[PROVIDED DATA Boundary: Start]

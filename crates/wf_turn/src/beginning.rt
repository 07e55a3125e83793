//! How a new attempt begins.

ghost use Rattle.std.specs.Prelude.{◌≡◌, ◌<◌, ◌^◌, option_and_then};
ghost use Rattle.wf_machine.specs.Records.{Held, IsDueMoment, IsMoment};
ghost use Rattle.wf_rules.specs.Acts as spec;

use std::alloc::Global;
use wf_flow::{Attempt, Flow};
use wf_machine::Timing;
use wf_names::{FlowNo, TaskNo, TaskStatus};
use wf_rules::{Begin, NewAttempt, Outcome};

/// The attempt that is made under the number, for that attempt that it retries and that flow that it starts.
pub fn begin(
    alloc: Global,
    attempt: NewAttempt,
    number: u64,
    retried: Option<TaskNo>,
    child: Option<FlowNo>,
    moment: u64,
) -> Attempt
    requires number { number < 2 ^ 56 }
    requires retried { Held (λ task. task.0 < 2 ^ 56) retried }
    requires child { Held (λ flow. flow.0 < 2 ^ 56) child }
    requires moment { IsMoment moment }
    ensures { result ≡ spec.begun moment attempt (record { 0 = number }) retried child }
{
    let begin = attempt.begin;
    let status = first_status(begin);
    let mut made = Attempt::new(
        alloc,
        TaskNo(number),
        attempt.node,
        attempt.iteration,
        status,
        attempt.input,
        moment,
    );
    made.set_output(attempt.output);
    made.set_reason(attempt.reason);
    made.set_retry(attempt.retry);
    made.set_retried(retried);
    made.set_ready(first_ready(begin, moment));
    made.set_first_poll(first_poll(begin, moment));
    made.set_timing(first_timing(begin));
    made.set_wait(first_wait(begin, moment));
    made.set_child(child);
    made.set_turn(attempt.turn);
    made
}

/// The number of the attempt at that place.
pub fn number_of(flow: &Flow, place: Option<u64>) -> Option<TaskNo>
    ensures value { result ≡ option_and_then (λ p. spec.number_at p flow.now.flow.attempts) place }
    ensures small { Held (λ task. task.0 < 2 ^ 56) result }
{
    match place {
        Some(place) => number_at(flow, place),
        None => None,
    }
}

#[tactic(auto, using(crate::proofs::PlaceLemmas::number_there, crate::proofs::PlaceLemmas::no_number))]
fn number_at(flow: &Flow, place: u64) -> Option<TaskNo>
    ensures value { result ≡ spec.number_at place flow.now.flow.attempts }
    ensures small { Held (λ task. task.0 < 2 ^ 56) result }
{
    match flow.at(place) {
        Some(attempt) => {
            attempt.in_range();
            Some(attempt.number())
        }
        None => None,
    }
}

pub fn status_of(outcome: Outcome) -> TaskStatus
    ensures { result ≡ spec.status_of outcome }
{
    match outcome {
        Outcome::Completed => TaskStatus::Completed,
        Outcome::Failed => TaskStatus::Failed,
        Outcome::FailedWithTerminalError => TaskStatus::FailedWithTerminalError,
        Outcome::TimedOut => TaskStatus::TimedOut,
    }
}

fn first_status(begin: Begin) -> TaskStatus
    ensures { result ≡ spec.first_status begin }
{
    match begin {
        Begin::Queued(_, _) => TaskStatus::Scheduled,
        Begin::Held(_) => TaskStatus::InProgress,
        Begin::Over(outcome) => status_of(outcome),
    }
}

fn first_timing(begin: Begin) -> Option<Timing>
    ensures { result ≡ spec.first_timing begin }
{
    match begin {
        Begin::Queued(timing, _) => Some(timing),
        Begin::Held(_) => None,
        Begin::Over(_) => None,
    }
}

fn first_ready(begin: Begin, moment: u64) -> u64
    requires { IsMoment moment }
    ensures value { result ≡ spec.first_ready moment begin }
    ensures due { IsDueMoment result }
{
    match begin {
        Begin::Queued(_, delay) => moment + 1000 * delay as u64,
        Begin::Held(_) => moment,
        Begin::Over(_) => moment,
    }
}

/// An attempt that workers don't poll counts as polled when it is made.
fn first_poll(begin: Begin, moment: u64) -> Option<u64>
    requires { IsMoment moment }
    ensures value { result ≡ spec.first_poll moment begin }
    ensures moment { Held IsMoment result }
{
    match begin {
        Begin::Queued(_, _) => None,
        Begin::Held(_) => Some(moment),
        Begin::Over(_) => Some(moment),
    }
}

fn first_wait(begin: Begin, moment: u64) -> Option<u64>
    requires { IsMoment moment }
    ensures value { result ≡ spec.first_wait moment begin }
    ensures due { Held IsDueMoment result }
{
    match begin {
        Begin::Held(Some(delay)) => Some(moment + 1000 * delay as u64),
        Begin::Held(None) => None,
        Begin::Queued(_, _) => None,
        Begin::Over(_) => None,
    }
}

[PROVIDED DATA Boundary: End]

▶ _AIM OF THE EXERCISE_: Reproduce exactly the section above that begins at the line containing "result ≡ spec.number_at" and ends at the line containing "fn first_status(begin: Begin) -> TaskStatus", leaving out all other lines.

▶ _ANSWER BOX_:
    ensures value { result ≡ spec.number_at place flow.now.flow.attempts }
    ensures small { Held (λ task. task.0 < 2 ^ 56) result }
{
    match flow.at(place) {
        Some(attempt) => {
            attempt.in_range();
            Some(attempt.number())
        }
        None => None,
    }
}

pub fn status_of(outcome: Outcome) -> TaskStatus
    ensures { result ≡ spec.status_of outcome }
{
    match outcome {
        Outcome::Completed => TaskStatus::Completed,
        Outcome::Failed => TaskStatus::Failed,
        Outcome::FailedWithTerminalError => TaskStatus::FailedWithTerminalError,
        Outcome::TimedOut => TaskStatus::TimedOut,
    }
}

fn first_status(begin: Begin) -> TaskStatus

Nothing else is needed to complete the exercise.